Lastly, and perhaps most importantly, we have to understand the relationship between the Body and the Soul in a new way. If there is one thing all the different 'systems' of the Soul I have mentioned have in common it is that Body and Soul on all its levels are inescapably One. For too long we have allowed them to war with each other. The Soul gives us a gateway onto Eternity, but the ecstasy of that is entirely dependent upon us having a Body to experience it. The Finite defines the Infinite and vice versa. We need to stop seeing the Body as a prison for the Soul (a mistake even some of the greatest Mystics made) and instead see it as a tremendous OPPORTUNITY for its expression. We are here to experience life in the flesh in every way. There are things that the Soul cannot do without a Body. We are incarnate because the Soul wants it. Without it, it cannot experience Love, it cannot make love or properly understand its place in the Universe. What distinguishes us from the Angels is our combination of a physical body with a divine essence. That should be a joy rather than a curse. At the same time, the Body can become deeply impoverished without the Soul. Without it, the Body becomes utterly subject to the illusions of Time and Space and begins to fear for its own safety, becoming subject to the blind and mad God at which point the suffering of the Soul becomes so intense. Most importantly, sexuality must be restored to its rightful place at the heart of our experience of our Divine Nature. The greatest Mystics of all the ages knew this and couched their highest experiences in terms which were as much erotic as spiritual...

Greek Christianity speaks of the 'ensouled body' and the 'embodied soul', suggesting, perhaps, the real relationship between the two. Perhaps this is what we need to learn anew, setting the Soul free to fly again and allowing it kiss and be kissed by the Body once more. We have spent a long time going outwards with our behaviour. Its time to go inwards again and once we have discovered the treasure within, to inform everything we do without with that gold... It is a liberation and offers the possibility of a connection not only with the deepest things within us but the whole human race and, potentially, the Universe... Perhaps such a hope is naive. Perhaps the time is not available to us. But what more exciting horizon of opportunity could there be? A true understanding of the phrase 'the Kingdom of God is within you' each in our own individual way...

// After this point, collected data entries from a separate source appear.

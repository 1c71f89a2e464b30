// The refusals of an edit before anything is formed.
ghost use Rattle.std.specs.Prelude.{◌≡◌, ◌+◌, ◌<◌, length};
ghost use Rattle.knots.specs.Refusal.{checked};
ghost use Rattle.knots.specs.Whole.{on};
ghost use Rattle.edits.specs.Start.{clamped_ends, edit_start, out_room, scratch_room};

use crate::counts::{all_equal, given_count};
use knots::curve::{Curve, curve_refusal};
use knots::refusal::{Reason, Refusal, refuse};
use knots::shape::room_refusal;

// The degree + 1 first knots are one number, and so are the degree + 1 last.
fn clamped_ends(p: usize, n: usize, knots: &[f64]) -> bool
    requires { (p < n) × (n < length knots.now) }
    ensures { result ≡ clamped_ends p n knots.now }
{
    let m = p + 1;
    all_equal(&knots[..m], knots[p]) && all_equal(&knots[n..], knots[n])
}

// The curve's refusal, 17.
pub fn edit_start(curve: Curve) -> Result<(), Refusal>
    ensures { result ≡ checked (on curve.entry edit_start) }
{
    curve_refusal(curve)?;
    if !clamped_ends(curve.degree, curve.points.len() / 3, curve.knots) {
        return Err(refuse(Reason::EndsUnclamped));
    }
    Ok(())
}

// 30 for outputs of a, b and c numbers: knots, points and weights of n points. No sum is formed that could be too large.
pub fn out_room(
    p: usize,
    n: usize,
    rational: bool,
    a: usize,
    b: usize,
    c: usize,
) -> Result<(), Refusal>
    ensures { result ≡ checked (out_room p n rational a b c) }
{
    if n > a {
        return Err(refuse(Reason::LengthBad));
    }
    if p >= a - n {
        return Err(refuse(Reason::LengthBad));
    }
    if n > b / 3 {
        return Err(refuse(Reason::LengthBad));
    }
    room_refusal(c, given_count(rational, n))
}

// 30 for scratch of d numbers, for a curve of degree p that has n points where it has most.
pub fn scratch_room(p: usize, n: usize, d: usize) -> Result<(), Refusal>
    ensures { result ≡ checked (scratch_room p n d) }
{
    if n > d / 10 {
        return Err(refuse(Reason::LengthBad));
    }
    if p >= (d - 10 * n) / 2 {
        return Err(refuse(Reason::LengthBad));
    }
    Ok(())
}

"Nothing under heaven can arrest the progress of the human soul on its long pilgrimage from darkness to light, from the unreal to the real, from death to immortality, and from ignorance to wisdom." Djwhal Khul, the Tibetan

Friday 3 October 2008

I'M A SOUL MAN: SOME THOUGHTS ON THE BODY, SOUL & SPIRIT: PART ONE


"There are also celestial bodies, and bodies terrestrial: but the glory of the celestial is one, and the glory of the terrestrial is another" - 1st Corinthians 15:40

Pretty much a bottom line with any interest in spirituality/ mysticism/ esotericism is the belief in the Soul. Fascinatingly, every culture in the world has a word for the Soul but not every culture has a word for war or money. I find that interesting as it suggests that, since anyone can remember, human beings have felt the need to invent a word for something we can't touch, smell, taste, hear or see with our physical bodies, but not for two things (war and money) that we nowadays think of as integral to human existence. Of course, Dawkinsians would say the word 'unicorn' exists but that doesn't mean there were ever unicorns. That's very true, but unicorns are a concept pretty much localised in European culture and its offshoots. There are no African or Aboriginal unicorns, for instance, but the Soul seems to be everywhere. It is universal in nature.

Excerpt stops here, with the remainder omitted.